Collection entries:
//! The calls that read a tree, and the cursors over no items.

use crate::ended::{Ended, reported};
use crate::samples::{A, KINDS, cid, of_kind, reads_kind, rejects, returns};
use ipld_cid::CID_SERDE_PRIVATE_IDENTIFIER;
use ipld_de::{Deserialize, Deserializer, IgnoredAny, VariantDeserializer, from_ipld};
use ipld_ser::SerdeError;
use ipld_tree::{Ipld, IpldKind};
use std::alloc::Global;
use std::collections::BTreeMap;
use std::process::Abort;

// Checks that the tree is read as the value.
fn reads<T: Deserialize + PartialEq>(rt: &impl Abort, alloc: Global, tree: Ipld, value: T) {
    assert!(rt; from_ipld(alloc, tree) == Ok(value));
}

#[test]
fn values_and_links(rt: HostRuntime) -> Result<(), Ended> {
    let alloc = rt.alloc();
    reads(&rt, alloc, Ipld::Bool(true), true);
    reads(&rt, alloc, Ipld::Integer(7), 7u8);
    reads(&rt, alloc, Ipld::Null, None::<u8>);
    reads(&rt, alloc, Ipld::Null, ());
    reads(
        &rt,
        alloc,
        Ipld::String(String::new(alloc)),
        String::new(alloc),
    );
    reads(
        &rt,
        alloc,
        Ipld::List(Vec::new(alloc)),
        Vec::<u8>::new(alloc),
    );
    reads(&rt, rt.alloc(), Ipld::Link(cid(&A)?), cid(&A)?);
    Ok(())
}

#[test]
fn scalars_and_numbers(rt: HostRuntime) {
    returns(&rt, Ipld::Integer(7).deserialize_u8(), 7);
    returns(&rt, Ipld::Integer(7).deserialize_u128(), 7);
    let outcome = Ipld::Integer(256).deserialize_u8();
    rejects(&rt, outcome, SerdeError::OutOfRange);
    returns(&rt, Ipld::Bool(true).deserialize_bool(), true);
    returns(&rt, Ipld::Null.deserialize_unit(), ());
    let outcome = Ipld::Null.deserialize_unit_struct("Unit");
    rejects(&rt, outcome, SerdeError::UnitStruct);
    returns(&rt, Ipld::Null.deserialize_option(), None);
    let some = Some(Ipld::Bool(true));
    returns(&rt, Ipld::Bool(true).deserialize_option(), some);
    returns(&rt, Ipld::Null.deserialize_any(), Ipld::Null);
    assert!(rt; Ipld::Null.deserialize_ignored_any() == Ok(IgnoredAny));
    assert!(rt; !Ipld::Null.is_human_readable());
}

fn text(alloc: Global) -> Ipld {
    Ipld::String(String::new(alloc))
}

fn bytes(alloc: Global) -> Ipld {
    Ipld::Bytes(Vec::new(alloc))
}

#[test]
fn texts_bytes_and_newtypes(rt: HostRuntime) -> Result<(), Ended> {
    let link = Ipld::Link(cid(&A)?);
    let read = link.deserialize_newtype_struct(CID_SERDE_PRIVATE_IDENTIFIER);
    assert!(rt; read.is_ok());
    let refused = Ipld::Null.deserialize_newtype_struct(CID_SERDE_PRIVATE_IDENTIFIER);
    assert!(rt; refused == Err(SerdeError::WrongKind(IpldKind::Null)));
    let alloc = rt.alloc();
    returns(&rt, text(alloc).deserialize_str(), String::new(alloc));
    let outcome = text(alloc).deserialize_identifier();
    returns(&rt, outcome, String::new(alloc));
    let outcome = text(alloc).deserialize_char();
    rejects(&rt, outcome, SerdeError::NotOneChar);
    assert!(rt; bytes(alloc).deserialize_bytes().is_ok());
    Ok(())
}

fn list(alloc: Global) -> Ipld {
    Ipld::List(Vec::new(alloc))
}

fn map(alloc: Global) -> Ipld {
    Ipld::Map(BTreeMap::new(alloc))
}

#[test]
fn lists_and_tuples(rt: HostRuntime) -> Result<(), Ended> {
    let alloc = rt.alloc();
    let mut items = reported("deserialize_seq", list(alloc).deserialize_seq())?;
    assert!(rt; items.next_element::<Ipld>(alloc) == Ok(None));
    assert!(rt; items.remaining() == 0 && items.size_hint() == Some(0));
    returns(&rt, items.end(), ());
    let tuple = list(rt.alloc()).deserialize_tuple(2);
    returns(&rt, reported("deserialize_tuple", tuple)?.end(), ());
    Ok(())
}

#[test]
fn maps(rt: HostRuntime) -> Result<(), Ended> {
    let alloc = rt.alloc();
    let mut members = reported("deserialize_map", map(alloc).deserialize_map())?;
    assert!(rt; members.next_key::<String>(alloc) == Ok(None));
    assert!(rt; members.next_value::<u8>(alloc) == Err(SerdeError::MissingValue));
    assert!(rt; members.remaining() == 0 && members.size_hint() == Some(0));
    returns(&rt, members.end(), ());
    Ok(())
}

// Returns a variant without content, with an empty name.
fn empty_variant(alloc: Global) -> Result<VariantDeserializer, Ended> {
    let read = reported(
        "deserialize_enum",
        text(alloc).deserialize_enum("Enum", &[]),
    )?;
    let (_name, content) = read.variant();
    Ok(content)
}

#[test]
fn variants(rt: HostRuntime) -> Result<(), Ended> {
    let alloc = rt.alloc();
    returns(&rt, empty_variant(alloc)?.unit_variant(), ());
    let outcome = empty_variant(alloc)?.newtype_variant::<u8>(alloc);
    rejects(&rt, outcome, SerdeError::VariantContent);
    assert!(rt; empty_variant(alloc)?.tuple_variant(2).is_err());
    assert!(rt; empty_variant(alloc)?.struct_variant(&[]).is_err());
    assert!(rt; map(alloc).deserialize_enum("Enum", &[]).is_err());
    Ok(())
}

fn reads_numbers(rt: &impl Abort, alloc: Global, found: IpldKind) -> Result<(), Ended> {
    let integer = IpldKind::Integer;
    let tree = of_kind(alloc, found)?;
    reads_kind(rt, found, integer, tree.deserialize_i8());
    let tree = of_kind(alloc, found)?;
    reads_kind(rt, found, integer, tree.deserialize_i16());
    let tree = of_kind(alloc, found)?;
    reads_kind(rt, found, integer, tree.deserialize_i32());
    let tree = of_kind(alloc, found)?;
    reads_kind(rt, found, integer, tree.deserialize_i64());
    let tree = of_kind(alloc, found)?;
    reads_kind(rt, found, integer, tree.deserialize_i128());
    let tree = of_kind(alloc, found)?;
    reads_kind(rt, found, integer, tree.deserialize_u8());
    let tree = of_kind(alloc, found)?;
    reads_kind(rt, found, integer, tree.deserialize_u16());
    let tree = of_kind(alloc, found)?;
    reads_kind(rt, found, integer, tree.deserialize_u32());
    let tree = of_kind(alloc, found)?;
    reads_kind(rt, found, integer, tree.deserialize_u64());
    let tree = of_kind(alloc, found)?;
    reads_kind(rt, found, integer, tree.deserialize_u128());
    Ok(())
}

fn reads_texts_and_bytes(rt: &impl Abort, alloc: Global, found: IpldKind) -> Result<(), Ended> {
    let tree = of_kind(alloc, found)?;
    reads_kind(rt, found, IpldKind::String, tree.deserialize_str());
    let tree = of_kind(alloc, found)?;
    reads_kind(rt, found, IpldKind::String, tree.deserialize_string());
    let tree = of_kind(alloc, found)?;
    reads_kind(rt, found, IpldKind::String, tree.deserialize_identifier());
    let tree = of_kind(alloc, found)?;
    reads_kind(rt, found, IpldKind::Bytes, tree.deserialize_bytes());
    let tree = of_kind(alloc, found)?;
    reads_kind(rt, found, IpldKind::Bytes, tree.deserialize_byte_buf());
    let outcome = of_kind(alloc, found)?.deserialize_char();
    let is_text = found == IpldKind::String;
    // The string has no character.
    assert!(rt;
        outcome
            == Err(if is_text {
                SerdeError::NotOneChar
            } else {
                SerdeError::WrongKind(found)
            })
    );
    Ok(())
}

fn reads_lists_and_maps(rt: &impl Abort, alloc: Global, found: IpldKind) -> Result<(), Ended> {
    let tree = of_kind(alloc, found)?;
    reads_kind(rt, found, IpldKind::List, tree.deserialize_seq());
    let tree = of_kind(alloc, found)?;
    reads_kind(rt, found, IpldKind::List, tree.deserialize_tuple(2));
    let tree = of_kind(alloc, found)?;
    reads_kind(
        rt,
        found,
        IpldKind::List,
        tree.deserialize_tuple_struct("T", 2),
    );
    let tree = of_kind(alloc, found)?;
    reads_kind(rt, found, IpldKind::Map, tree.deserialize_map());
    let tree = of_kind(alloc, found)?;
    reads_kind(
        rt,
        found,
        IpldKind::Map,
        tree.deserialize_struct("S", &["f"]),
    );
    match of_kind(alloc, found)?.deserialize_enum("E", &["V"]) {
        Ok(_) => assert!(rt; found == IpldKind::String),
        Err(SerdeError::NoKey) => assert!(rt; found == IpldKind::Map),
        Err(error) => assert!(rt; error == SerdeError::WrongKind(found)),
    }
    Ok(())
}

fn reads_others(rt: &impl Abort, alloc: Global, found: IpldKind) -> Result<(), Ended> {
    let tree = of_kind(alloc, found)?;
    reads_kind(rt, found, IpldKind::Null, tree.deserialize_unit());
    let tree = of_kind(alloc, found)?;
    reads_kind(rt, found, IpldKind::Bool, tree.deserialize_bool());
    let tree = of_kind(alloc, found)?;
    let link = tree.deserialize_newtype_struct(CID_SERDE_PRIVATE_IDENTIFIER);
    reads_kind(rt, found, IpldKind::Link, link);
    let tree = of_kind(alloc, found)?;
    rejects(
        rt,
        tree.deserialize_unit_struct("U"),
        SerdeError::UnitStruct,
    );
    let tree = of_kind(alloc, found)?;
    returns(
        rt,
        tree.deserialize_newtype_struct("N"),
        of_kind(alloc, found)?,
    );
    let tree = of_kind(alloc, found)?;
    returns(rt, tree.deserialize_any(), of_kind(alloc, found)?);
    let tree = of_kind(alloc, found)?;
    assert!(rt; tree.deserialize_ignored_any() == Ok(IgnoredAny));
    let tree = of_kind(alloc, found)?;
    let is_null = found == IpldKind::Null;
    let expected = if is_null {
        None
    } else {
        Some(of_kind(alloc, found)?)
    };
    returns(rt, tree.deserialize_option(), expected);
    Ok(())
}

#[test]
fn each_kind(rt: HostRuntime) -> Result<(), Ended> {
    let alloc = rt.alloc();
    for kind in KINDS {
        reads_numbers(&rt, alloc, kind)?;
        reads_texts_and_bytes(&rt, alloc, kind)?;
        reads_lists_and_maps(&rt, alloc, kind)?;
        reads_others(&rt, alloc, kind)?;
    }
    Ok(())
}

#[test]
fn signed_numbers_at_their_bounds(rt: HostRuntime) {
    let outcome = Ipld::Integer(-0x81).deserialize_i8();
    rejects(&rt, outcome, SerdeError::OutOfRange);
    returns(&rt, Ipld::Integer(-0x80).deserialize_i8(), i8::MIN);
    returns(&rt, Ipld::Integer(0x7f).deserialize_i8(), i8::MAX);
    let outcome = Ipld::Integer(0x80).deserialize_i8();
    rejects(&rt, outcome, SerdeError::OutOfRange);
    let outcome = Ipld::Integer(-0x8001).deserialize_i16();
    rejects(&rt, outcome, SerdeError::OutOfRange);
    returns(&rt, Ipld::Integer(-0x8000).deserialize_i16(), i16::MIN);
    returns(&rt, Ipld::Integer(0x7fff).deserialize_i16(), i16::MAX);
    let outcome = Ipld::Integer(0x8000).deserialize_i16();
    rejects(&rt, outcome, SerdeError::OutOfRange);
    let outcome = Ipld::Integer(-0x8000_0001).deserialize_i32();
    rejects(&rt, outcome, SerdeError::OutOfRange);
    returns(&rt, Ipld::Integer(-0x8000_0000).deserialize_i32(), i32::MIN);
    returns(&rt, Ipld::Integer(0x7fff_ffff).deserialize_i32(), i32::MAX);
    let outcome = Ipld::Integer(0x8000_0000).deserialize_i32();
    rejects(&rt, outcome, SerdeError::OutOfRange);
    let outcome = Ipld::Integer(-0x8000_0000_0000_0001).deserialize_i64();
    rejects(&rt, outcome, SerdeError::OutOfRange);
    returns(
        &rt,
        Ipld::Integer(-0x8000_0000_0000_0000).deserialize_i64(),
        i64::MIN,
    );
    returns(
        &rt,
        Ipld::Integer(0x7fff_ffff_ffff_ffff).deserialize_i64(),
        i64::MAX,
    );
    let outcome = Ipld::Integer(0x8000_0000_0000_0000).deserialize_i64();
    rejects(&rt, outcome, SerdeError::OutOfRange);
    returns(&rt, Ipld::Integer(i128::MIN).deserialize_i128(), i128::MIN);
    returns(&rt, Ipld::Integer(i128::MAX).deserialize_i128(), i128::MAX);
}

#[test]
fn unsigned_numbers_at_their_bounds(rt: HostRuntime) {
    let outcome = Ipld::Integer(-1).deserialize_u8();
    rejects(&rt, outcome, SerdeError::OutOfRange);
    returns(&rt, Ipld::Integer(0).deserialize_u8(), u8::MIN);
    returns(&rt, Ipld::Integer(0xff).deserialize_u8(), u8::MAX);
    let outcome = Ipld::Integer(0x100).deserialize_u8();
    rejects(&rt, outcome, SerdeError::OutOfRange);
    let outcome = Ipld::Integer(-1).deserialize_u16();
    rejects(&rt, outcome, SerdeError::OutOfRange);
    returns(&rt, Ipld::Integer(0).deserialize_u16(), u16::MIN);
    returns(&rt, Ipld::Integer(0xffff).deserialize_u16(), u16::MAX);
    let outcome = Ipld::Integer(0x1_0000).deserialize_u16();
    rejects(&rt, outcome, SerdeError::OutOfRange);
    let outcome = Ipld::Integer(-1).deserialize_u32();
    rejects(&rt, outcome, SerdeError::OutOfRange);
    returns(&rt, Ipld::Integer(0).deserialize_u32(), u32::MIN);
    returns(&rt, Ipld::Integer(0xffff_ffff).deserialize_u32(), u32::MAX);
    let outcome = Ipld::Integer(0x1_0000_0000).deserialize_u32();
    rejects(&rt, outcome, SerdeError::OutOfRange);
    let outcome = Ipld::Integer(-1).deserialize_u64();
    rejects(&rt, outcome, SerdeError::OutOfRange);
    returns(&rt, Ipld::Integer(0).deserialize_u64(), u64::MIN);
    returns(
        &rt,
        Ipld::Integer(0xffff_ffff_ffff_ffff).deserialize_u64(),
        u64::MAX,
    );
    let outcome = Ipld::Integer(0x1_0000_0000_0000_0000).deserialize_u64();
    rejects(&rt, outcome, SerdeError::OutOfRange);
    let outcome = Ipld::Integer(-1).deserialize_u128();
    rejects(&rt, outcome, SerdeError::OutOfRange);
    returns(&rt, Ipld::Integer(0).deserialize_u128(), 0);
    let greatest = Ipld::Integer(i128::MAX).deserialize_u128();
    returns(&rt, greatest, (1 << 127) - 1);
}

### WHAT YOU NEED TO DO
From the records above, print only the lines between the one holding "reads_kind(rt, found, integer, tree.deserialize_u16());" and the one holding "reads_kind(rt, found, IpldKind::String, tree.deserialize_str());", inclusive, exactly as they stand.

### RESPONSE AREA
    reads_kind(rt, found, integer, tree.deserialize_u16());
    let tree = of_kind(alloc, found)?;
    reads_kind(rt, found, integer, tree.deserialize_u32());
    let tree = of_kind(alloc, found)?;
    reads_kind(rt, found, integer, tree.deserialize_u64());
    let tree = of_kind(alloc, found)?;
    reads_kind(rt, found, integer, tree.deserialize_u128());
    Ok(())
}

fn reads_texts_and_bytes(rt: &impl Abort, alloc: Global, found: IpldKind) -> Result<(), Ended> {
    let tree = of_kind(alloc, found)?;
    reads_kind(rt, found, IpldKind::String, tree.deserialize_str());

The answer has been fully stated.